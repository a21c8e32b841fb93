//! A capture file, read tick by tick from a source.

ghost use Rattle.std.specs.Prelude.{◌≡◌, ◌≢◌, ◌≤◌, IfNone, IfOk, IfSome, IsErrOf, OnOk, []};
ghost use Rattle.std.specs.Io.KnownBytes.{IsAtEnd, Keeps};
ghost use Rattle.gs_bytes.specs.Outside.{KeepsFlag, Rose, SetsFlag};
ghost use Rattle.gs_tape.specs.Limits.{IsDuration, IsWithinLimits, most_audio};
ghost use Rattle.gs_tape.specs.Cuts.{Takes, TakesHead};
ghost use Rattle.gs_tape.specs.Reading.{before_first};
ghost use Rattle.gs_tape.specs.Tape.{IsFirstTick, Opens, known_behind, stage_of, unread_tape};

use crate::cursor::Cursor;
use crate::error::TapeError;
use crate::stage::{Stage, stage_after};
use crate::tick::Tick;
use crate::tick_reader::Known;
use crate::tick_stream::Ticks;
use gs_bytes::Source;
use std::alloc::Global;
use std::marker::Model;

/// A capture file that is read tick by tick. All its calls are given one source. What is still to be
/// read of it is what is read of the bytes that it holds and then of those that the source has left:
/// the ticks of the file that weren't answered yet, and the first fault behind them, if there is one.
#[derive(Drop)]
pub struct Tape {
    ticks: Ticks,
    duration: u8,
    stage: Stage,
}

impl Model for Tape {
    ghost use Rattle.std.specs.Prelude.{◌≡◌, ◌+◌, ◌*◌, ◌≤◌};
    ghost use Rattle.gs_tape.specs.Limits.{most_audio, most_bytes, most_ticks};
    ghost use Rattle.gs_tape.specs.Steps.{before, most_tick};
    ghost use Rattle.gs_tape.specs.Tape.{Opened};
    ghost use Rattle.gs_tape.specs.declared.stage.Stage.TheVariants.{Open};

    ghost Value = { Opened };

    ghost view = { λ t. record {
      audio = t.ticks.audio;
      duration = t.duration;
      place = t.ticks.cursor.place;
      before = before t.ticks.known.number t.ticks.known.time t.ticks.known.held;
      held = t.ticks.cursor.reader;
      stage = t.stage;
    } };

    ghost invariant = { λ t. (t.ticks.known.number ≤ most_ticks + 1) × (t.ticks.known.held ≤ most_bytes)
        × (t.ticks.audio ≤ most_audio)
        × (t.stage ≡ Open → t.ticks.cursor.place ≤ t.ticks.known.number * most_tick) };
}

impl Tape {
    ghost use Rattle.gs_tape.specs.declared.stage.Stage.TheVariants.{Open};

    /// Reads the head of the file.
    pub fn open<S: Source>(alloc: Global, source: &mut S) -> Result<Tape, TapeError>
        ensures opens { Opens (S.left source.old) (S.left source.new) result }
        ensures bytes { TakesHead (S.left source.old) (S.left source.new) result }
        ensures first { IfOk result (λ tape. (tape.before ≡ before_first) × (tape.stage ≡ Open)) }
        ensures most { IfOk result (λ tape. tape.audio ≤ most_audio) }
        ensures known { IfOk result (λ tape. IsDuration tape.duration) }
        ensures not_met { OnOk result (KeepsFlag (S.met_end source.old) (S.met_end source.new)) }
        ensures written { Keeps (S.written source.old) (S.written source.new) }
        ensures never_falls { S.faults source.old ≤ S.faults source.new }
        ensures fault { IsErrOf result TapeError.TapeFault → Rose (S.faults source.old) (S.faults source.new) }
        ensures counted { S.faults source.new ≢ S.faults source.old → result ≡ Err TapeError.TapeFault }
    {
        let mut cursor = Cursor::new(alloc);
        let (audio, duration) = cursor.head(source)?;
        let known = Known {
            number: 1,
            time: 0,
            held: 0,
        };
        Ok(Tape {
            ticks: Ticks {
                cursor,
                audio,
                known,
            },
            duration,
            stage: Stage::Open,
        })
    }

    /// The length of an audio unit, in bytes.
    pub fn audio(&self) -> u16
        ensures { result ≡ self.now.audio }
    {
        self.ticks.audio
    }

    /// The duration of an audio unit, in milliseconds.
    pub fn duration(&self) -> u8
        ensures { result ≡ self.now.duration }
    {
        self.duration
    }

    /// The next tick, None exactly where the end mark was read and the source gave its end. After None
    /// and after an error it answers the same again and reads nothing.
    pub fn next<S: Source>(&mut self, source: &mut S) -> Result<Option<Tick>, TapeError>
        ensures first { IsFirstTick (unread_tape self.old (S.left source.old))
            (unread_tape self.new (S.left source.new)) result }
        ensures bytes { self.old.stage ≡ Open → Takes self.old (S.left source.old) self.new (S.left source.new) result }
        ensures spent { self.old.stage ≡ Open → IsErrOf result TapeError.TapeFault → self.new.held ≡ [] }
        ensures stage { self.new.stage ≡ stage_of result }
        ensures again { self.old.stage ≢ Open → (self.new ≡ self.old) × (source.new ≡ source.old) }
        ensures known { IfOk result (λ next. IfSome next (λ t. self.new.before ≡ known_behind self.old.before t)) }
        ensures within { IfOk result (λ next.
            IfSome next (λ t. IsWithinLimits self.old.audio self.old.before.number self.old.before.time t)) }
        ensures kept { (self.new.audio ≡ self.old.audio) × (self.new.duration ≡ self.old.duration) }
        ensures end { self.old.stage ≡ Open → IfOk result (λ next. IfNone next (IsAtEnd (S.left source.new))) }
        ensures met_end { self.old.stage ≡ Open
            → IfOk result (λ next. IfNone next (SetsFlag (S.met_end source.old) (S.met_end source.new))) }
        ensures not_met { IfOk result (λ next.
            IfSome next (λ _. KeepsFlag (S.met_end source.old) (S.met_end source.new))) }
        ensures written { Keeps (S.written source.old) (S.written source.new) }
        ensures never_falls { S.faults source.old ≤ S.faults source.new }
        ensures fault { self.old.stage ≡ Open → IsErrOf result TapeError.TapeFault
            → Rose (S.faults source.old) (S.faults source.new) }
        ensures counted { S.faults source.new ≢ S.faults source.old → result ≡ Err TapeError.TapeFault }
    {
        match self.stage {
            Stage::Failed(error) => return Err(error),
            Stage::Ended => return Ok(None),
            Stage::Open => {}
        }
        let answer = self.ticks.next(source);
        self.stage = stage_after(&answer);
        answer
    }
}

_YOUR TASK_
Your answer must be the complete listing, retyped exactly.

_RESPONSE TO THIS EXERCISE_
repository a21c8e32b841fb93
//! A capture file, read tick by tick from a source.

ghost use Rattle.std.specs.Prelude.{◌≡◌, ◌≢◌, ◌≤◌, IfNone, IfOk, IfSome, IsErrOf, OnOk, []};
ghost use Rattle.std.specs.Io.KnownBytes.{IsAtEnd, Keeps};
ghost use Rattle.gs_bytes.specs.Outside.{KeepsFlag, Rose, SetsFlag};
ghost use Rattle.gs_tape.specs.Limits.{IsDuration, IsWithinLimits, most_audio};
ghost use Rattle.gs_tape.specs.Cuts.{Takes, TakesHead};
ghost use Rattle.gs_tape.specs.Reading.{before_first};
ghost use Rattle.gs_tape.specs.Tape.{IsFirstTick, Opens, known_behind, stage_of, unread_tape};

use crate::cursor::Cursor;
use crate::error::TapeError;
use crate::stage::{Stage, stage_after};
use crate::tick::Tick;
use crate::tick_reader::Known;
use crate::tick_stream::Ticks;
use gs_bytes::Source;
use std::alloc::Global;
use std::marker::Model;

/// A capture file that is read tick by tick. All its calls are given one source. What is still to be
/// read of it is what is read of the bytes that it holds and then of those that the source has left:
/// the ticks of the file that weren't answered yet, and the first fault behind them, if there is one.
#[derive(Drop)]
pub struct Tape {
    ticks: Ticks,
    duration: u8,
    stage: Stage,
}

impl Model for Tape {
    ghost use Rattle.std.specs.Prelude.{◌≡◌, ◌+◌, ◌*◌, ◌≤◌};
    ghost use Rattle.gs_tape.specs.Limits.{most_audio, most_bytes, most_ticks};
    ghost use Rattle.gs_tape.specs.Steps.{before, most_tick};
    ghost use Rattle.gs_tape.specs.Tape.{Opened};
    ghost use Rattle.gs_tape.specs.declared.stage.Stage.TheVariants.{Open};

    ghost Value = { Opened };

    ghost view = { λ t. record {
      audio = t.ticks.audio;
      duration = t.duration;
      place = t.ticks.cursor.place;
      before = before t.ticks.known.number t.ticks.known.time t.ticks.known.held;
      held = t.ticks.cursor.reader;
      stage = t.stage;
    } };

    ghost invariant = { λ t. (t.ticks.known.number ≤ most_ticks + 1) × (t.ticks.known.held ≤ most_bytes)
        × (t.ticks.audio ≤ most_audio)
        × (t.stage ≡ Open → t.ticks.cursor.place ≤ t.ticks.known.number * most_tick) };
}

impl Tape {
    ghost use Rattle.gs_tape.specs.declared.stage.Stage.TheVariants.{Open};

    /// Reads the head of the file.
    pub fn open<S: Source>(alloc: Global, source: &mut S) -> Result<Tape, TapeError>
        ensures opens { Opens (S.left source.old) (S.left source.new) result }
        ensures bytes { TakesHead (S.left source.old) (S.left source.new) result }
        ensures first { IfOk result (λ tape. (tape.before ≡ before_first) × (tape.stage ≡ Open)) }
        ensures most { IfOk result (λ tape. tape.audio ≤ most_audio) }
        ensures known { IfOk result (λ tape. IsDuration tape.duration) }
        ensures not_met { OnOk result (KeepsFlag (S.met_end source.old) (S.met_end source.new)) }
        ensures written { Keeps (S.written source.old) (S.written source.new) }
        ensures never_falls { S.faults source.old ≤ S.faults source.new }
        ensures fault { IsErrOf result TapeError.TapeFault → Rose (S.faults source.old) (S.faults source.new) }
        ensures counted { S.faults source.new ≢ S.faults source.old → result ≡ Err TapeError.TapeFault }
    {
        let mut cursor = Cursor::new(alloc);
        let (audio, duration) = cursor.head(source)?;
        let known = Known {
            number: 1,
            time: 0,
            held: 0,
        };
        Ok(Tape {
            ticks: Ticks {
                cursor,
                audio,
                known,
            },
            duration,
            stage: Stage::Open,
        })
    }

    /// The length of an audio unit, in bytes.
    pub fn audio(&self) -> u16
        ensures { result ≡ self.now.audio }
    {
        self.ticks.audio
    }

    /// The duration of an audio unit, in milliseconds.
    pub fn duration(&self) -> u8
        ensures { result ≡ self.now.duration }
    {
        self.duration
    }

    /// The next tick, None exactly where the end mark was read and the source gave its end. After None
    /// and after an error it answers the same again and reads nothing.
    pub fn next<S: Source>(&mut self, source: &mut S) -> Result<Option<Tick>, TapeError>
        ensures first { IsFirstTick (unread_tape self.old (S.left source.old))
            (unread_tape self.new (S.left source.new)) result }
        ensures bytes { self.old.stage ≡ Open → Takes self.old (S.left source.old) self.new (S.left source.new) result }
        ensures spent { self.old.stage ≡ Open → IsErrOf result TapeError.TapeFault → self.new.held ≡ [] }
        ensures stage { self.new.stage ≡ stage_of result }
        ensures again { self.old.stage ≢ Open → (self.new ≡ self.old) × (source.new ≡ source.old) }
        ensures known { IfOk result (λ next. IfSome next (λ t. self.new.before ≡ known_behind self.old.before t)) }
        ensures within { IfOk result (λ next.
            IfSome next (λ t. IsWithinLimits self.old.audio self.old.before.number self.old.before.time t)) }
        ensures kept { (self.new.audio ≡ self.old.audio) × (self.new.duration ≡ self.old.duration) }
        ensures end { self.old.stage ≡ Open → IfOk result (λ next. IfNone next (IsAtEnd (S.left source.new))) }
        ensures met_end { self.old.stage ≡ Open
            → IfOk result (λ next. IfNone next (SetsFlag (S.met_end source.old) (S.met_end source.new))) }
        ensures not_met { IfOk result (λ next.
            IfSome next (λ _. KeepsFlag (S.met_end source.old) (S.met_end source.new))) }
        ensures written { Keeps (S.written source.old) (S.written source.new) }
        ensures never_falls { S.faults source.old ≤ S.faults source.new }
        ensures fault { self.old.stage ≡ Open → IsErrOf result TapeError.TapeFault
            → Rose (S.faults source.old) (S.faults source.new) }
        ensures counted { S.faults source.new ≢ S.faults source.old → result ≡ Err TapeError.TapeFault }
    {
        match self.stage {
            Stage::Failed(error) => return Err(error),
            Stage::Ended => return Ok(None),
            Stage::Open => {}
        }
        let answer = self.ticks.next(source);
        self.stage = stage_after(&answer);
        answer
    }
}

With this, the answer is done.